Stephen Donnelly, Fianna Fáil TD for Wicklow and East Carlow has today welcomed the publication of a report by the Charity Regulator into the practice of charities holding shares in companies in order to provide them with so- called ‘bankruptcy remoteness.’

In September 2016, Deputy Donnelly wrote to the Charity Regulator requesting an investigation into the use of charities by the so-called vulture funds as part of their tax avoidance mechanisms. On the back of this request, a review was launched, and has now published its findings.

The regulator found that ‘It appeared that the activities of the charities solely consisted of holding shares in section 110 companies and the distribution of the income derived from them to other charitable organisations’. While the charities identified by the review have all been restructured, it further found that ‘in order to qualify for and maintain charitable status the organisation must have exclusively charitable purposes’ effectively closing the door on the ‘orphaning’ technique.

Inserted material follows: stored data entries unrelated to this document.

//! What a definition holds, where arguments are given for its parameters: each parameter has one of its kind.

ghost use Rattle.std.specs.Prelude.{◌≡◌, [], None, Some, false, All, IfSome, map, option_copied};
ghost use Rattle.ir_trees.specs.Declarations.Context.{parameter_kind, world};
ghost use Rattle.ir_trees.specs.Declarations.Declaring.{adt_at, bounds_at, impl_at, trait_at};
ghost use Rattle.ir_trees.specs.Instantiation.Folding.{lacks_argument};
ghost use Rattle.ir_trees.specs.Declarations.Lookups as lookup;
ghost use Rattle.ir_trees.specs.Instantiation.Owned.{AliasArgumentsFit, ClausesAreOwned, ImplIsOwned, bounds_among, is_unsolved};
ghost use Rattle.ir_trees.specs.Declarations.References.{ArgumentsFit};
ghost use Rattle.ir_trees.specs.Syntax.Binders.{tree_escapes};
ghost use Rattle.ir_trees.specs.Syntax.Trees.{tree_holds};
ghost use Rattle.ir_context.specs.Instantiation.Signatures.{SignatureHas};
ghost use Rattle.ir_trees.specs.Validity.WellFormed.{ImplIsGiven, SignatureFits, TypesFit};
ghost use Rattle.ir_trees.specs.Syntax.Words.{IsTy, args_forest, ty_tree};
ghost use Rattle.ir_trees.specs.Declarations.Worlds.{AdtSort, FunctionSort, OpaqueSort, parameters, kinds_of};

use crate::decl::context::Cx;
use ir_trees::decl::contents::{AliasBoundKind, Impl, ImplId, Sizedness};
use ir_trees::ir::kinds::{
    AdtId, AliasId, AliasTy, Args, AssocId, Binder, Clause, FnId, FnSig, TraitRef, Ty,
};

impl Cx {
    /// The types of the fields of the data type, in order, whose parameters have these arguments. No variable stands in
    /// them.
    #[tactic(auto, using(crate::proofs::Instantiation::Owned::fields_have_arguments))]
    pub fn fields_of(&self, adt: AdtId, args: Args) -> &[Ty]
        requires { parameters (world self.now) AdtSort adt.0 ≡ Some (kinds_of (args_forest self.now.trees args)) }
        ensures is { result.now ≡ lookup.maybe [] (λ a. a.fields) (adt_at self.now adt.0) }
        ensures fit { TypesFit self.now.trees result.now }
        ensures have { All (λ t. tree_holds (lacks_argument (args_forest self.now.trees args)) (ty_tree self.now.trees t) ≡ false) result.now }
        ensures closed { All (λ t. tree_holds is_unsolved (ty_tree self.now.trees t) ≡ false) result.now }
    {
        let _ = (args, self.contents.adts.len());
        self.recall_well_formed_table();
        self.fields(adt)
    }

    /// The type that has to be sized, in this sense, for the data type to be, whose parameters have these arguments.
    #[tactic(auto, using(crate::proofs::Instantiation::Owned::constraint_has_arguments))]
    pub fn constraint_of(&self, adt: AdtId, args: Args, sizedness: Sizedness) -> Option<Ty>
        requires { parameters (world self.now) AdtSort adt.0 ≡ Some (kinds_of (args_forest self.now.trees args)) }
        ensures is { result ≡ lookup.maybe None (lookup.constraint sizedness) (adt_at self.now adt.0) }
        ensures sort { IfSome result (λ t. IsTy self.now.trees t) }
        ensures has { IfSome result (λ t. tree_holds (lacks_argument (args_forest self.now.trees args)) (ty_tree self.now.trees t) ≡ false) }
    {
        let _ = (args, self.contents.adts.len());
        self.recall_well_formed_table();
        self.sizedness_constraint(adt, sizedness)
    }

    /// The type that the opaque type hides, whose parameters have these arguments. No variable stands in it.
    #[tactic(auto, using(crate::proofs::Instantiation::Owned::hidden_has_arguments))]
    pub fn hidden_type_of(&self, opaque: AliasId, args: Args) -> Option<Ty>
        requires { parameters (world self.now) OpaqueSort opaque.0 ≡ Some (kinds_of (args_forest self.now.trees args)) }
        ensures is { result ≡ lookup.hidden_type (lookup.definition self.now opaque.0) }
        ensures sort { IfSome result (λ t. IsTy self.now.trees t) }
        ensures has { IfSome result (λ t. tree_holds (lacks_argument (args_forest self.now.trees args)) (ty_tree self.now.trees t) ≡ false) }
        ensures closed { IfSome result (λ t. tree_holds is_unsolved (ty_tree self.now.trees t) ≡ false) }
    {
        let _ = args;
        self.recall_well_formed_table();
        self.hidden_type(opaque)
    }

    /// The impl as it was declared, whose parameters have these arguments. No variable stands in it.
    pub fn impl_of(&self, of: ImplId, args: Args) -> Option<&Impl>
        requires { kinds_of (args_forest self.now.trees args) ≡ map parameter_kind (lookup.maybe [] (λ i. i.parameters) (impl_at self.now of)) }
        ensures is { option_copied result ≡ impl_at self.now of }
        ensures given { IfSome (option_copied result) (ImplIsGiven self.now) }
        ensures owned { IfSome (option_copied result) (ImplIsOwned self.now.trees (args_forest self.now.trees args)) }
    {
        let _ = args;
        self.recall_well_formed_table();
        self.impl_contents(of)
    }

    /// What the impl says that the associated type is, if it says so, whose parameters have these arguments. No variable stands in it,
    /// and no bound variable escapes from it.
    pub fn assoc_value(&self, of: ImplId, args: Args, assoc: AssocId) -> Option<Ty>
        requires { kinds_of (args_forest self.now.trees args) ≡ map parameter_kind (lookup.maybe [] (λ i. i.parameters) (impl_at self.now of)) }
        ensures is { result ≡ lookup.maybe None (lookup.value_of assoc) (impl_at self.now of) }
        ensures sort { IfSome result (λ t. IsTy self.now.trees t) }
        ensures has { IfSome result (λ t. tree_holds (lacks_argument (args_forest self.now.trees args)) (ty_tree self.now.trees t) ≡ false) }
        ensures closed { IfSome result (λ t. tree_holds is_unsolved (ty_tree self.now.trees t) ≡ false) }
        ensures bound { IfSome result (λ t. tree_escapes 0 (ty_tree self.now.trees t) ≡ false) }
    {
        match self.impl_of(of, args) {
            Some(contents) => contents.value(assoc),
            None => None,
        }
    }

    /// The super clauses of the reference's trait, in order, whose parameters have the reference's arguments. No variable stands
    /// in them.
    pub fn super_clauses_of(&self, reference: TraitRef) -> &[Clause]
        requires { ArgumentsFit self.now reference }
        ensures is { result.now ≡ lookup.maybe [] (λ a. a.supers) (trait_at self.now reference.def_id.0) }
        ensures owned { ClausesAreOwned self.now.trees (args_forest self.now.trees reference.args) result.now }
    {
        let _ = self.contents.traits.len();
        self.recall_well_formed_table();
        self.super_clauses(reference.def_id)
    }

    /// The where clauses of the reference's trait, likewise.
    pub fn trait_where_clauses_of(&self, reference: TraitRef) -> &[Clause]
        requires { ArgumentsFit self.now reference }
        ensures is { result.now ≡ lookup.maybe [] (λ a. a.wheres) (trait_at self.now reference.def_id.0) }
        ensures owned { ClausesAreOwned self.now.trees (args_forest self.now.trees reference.args) result.now }
    {
        let _ = self.contents.traits.len();
        self.recall_well_formed_table();
        self.trait_where_clauses(reference.def_id)
    }

    /// The bounds of the alias, its own or those of what it is a projection of, in order, whose parameters have the alias's
    /// arguments. No variable stands in them.
    pub fn bounds_of(&self, alias: AliasTy, kind: AliasBoundKind) -> &[Clause]
        requires { AliasArgumentsFit self.now alias }
        ensures is { result.now ≡ lookup.maybe [] (bounds_among kind) (bounds_at self.now alias.id.0) }
        ensures owned { ClausesAreOwned self.now.trees (args_forest self.now.trees alias.args) result.now }
    {
        let _ = self.contents.bounds.len();
        self.recall_well_formed_table();
        match kind {
            AliasBoundKind::SelfBounds => self.self_bounds(alias.id),
            AliasBoundKind::NonSelfBounds => self.non_self_bounds(alias.id),
        }
    }

    /// The signature of the function, under its binder, whose parameters have these arguments.
    #[tactic(auto, using(crate::proofs::Instantiation::Owned::sig_has_arguments))]
    pub fn fn_sig_of(&self, function: FnId, args: Args) -> Option<Binder<FnSig>>
        requires { parameters (world self.now) FunctionSort function.0 ≡ Some (kinds_of (args_forest self.now.trees args)) }
        ensures is { result ≡ lookup.fn_sig (lookup.definition self.now function.0) }
        ensures fit { IfSome result (λ s. SignatureFits self.now.trees s) }
        ensures has { IfSome result (λ s. SignatureHas self.now.trees (args_forest self.now.trees args) s) }
    {
        let _ = args;
        self.recall_well_formed_table();
        self.fn_sig(function)
    }
}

Deputy Donnelly commented, “The Charity Regulator deserves enormous credit for taking such a proactive stance in ensuring that Irish charities are not used as part of tax avoidance schemes.

“My understanding is that the use of charities has been legal. However, there was a strong public reaction when I raised the chase of a children’s charity being the sole shareholder in a so called vulture fund.

“The Irish people need to know that charities are engaged in charitable works, and the regulator is to be commended in his actions today.”